§ Required action
Where the string "What" occurs in a line of the entries below, copy that line.

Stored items
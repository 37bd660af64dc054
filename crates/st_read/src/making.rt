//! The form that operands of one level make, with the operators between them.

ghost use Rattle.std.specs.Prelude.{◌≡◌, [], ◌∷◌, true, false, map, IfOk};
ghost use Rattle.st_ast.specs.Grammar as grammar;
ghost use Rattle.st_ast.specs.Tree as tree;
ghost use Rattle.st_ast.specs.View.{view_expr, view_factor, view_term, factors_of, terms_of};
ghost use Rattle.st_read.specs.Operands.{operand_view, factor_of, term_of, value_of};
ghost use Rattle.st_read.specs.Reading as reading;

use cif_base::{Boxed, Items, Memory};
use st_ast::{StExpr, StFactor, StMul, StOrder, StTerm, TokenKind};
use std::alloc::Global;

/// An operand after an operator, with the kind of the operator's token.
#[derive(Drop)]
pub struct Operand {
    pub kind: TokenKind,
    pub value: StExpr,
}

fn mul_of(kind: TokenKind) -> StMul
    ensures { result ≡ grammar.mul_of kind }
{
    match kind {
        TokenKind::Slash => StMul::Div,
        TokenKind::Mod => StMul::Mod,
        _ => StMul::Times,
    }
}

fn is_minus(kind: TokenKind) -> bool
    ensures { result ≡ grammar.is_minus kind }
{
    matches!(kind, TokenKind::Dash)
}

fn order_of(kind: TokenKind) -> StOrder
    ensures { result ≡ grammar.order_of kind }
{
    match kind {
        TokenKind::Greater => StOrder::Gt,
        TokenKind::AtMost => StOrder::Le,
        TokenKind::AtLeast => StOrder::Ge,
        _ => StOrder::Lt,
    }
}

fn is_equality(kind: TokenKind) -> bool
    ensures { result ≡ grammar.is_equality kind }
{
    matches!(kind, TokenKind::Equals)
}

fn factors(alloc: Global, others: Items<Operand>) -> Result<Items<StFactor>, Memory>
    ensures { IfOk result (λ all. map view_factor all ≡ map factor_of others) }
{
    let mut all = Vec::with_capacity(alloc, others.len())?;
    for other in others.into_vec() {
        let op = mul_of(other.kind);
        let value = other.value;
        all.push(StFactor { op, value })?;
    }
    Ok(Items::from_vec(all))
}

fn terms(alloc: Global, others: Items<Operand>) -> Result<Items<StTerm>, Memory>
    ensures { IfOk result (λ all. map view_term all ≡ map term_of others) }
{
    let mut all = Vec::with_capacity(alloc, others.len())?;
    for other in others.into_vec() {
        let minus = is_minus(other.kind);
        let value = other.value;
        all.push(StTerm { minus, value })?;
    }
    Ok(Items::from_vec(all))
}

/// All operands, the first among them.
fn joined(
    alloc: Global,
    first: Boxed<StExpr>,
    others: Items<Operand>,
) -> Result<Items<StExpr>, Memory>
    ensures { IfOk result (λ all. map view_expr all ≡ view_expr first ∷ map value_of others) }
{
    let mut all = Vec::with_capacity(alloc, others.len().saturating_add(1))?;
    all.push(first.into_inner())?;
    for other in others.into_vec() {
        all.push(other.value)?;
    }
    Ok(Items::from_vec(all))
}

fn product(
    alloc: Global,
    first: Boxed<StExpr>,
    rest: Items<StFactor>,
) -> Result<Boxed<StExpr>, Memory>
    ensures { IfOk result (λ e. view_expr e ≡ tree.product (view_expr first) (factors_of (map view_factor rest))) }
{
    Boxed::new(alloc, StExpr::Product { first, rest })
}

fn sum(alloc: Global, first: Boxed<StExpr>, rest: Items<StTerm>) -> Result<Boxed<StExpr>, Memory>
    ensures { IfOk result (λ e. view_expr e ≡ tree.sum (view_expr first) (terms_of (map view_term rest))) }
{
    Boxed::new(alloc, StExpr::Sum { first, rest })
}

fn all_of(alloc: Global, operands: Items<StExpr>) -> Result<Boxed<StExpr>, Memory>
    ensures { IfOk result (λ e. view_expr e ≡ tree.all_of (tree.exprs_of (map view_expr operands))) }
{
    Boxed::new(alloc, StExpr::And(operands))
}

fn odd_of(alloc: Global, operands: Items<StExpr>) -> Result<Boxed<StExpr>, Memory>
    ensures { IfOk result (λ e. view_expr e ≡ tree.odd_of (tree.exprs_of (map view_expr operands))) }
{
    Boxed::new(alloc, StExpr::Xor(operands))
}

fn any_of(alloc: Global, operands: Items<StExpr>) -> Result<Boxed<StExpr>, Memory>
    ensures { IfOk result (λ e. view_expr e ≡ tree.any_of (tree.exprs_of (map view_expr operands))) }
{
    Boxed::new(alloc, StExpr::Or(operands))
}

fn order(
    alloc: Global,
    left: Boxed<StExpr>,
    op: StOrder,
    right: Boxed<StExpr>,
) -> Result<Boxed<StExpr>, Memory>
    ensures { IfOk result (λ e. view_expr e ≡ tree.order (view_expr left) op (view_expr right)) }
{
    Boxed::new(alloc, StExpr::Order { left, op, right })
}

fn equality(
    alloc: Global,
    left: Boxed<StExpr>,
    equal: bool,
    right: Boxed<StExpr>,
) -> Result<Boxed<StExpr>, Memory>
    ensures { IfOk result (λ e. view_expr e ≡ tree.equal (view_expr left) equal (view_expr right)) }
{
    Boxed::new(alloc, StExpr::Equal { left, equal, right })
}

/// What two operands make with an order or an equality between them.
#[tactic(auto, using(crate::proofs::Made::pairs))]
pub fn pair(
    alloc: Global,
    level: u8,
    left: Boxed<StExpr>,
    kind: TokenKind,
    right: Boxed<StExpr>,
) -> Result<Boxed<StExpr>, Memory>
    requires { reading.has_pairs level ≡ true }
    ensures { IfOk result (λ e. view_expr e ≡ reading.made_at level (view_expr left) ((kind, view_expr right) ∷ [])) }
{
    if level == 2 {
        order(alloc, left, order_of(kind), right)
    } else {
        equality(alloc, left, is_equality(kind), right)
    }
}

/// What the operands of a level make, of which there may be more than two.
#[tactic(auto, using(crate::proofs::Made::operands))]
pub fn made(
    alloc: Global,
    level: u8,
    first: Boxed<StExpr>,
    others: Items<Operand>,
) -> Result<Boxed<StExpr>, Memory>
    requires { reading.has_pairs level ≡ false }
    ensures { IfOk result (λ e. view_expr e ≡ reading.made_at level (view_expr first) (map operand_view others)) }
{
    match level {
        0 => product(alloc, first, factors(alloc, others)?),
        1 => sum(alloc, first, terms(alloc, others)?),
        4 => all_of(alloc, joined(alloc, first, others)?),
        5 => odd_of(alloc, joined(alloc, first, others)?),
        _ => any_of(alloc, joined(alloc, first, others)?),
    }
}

§ Answer to this task
/// What two operands make with an order or an equality between them.
/// What the operands of a level make, of which there may be more than two.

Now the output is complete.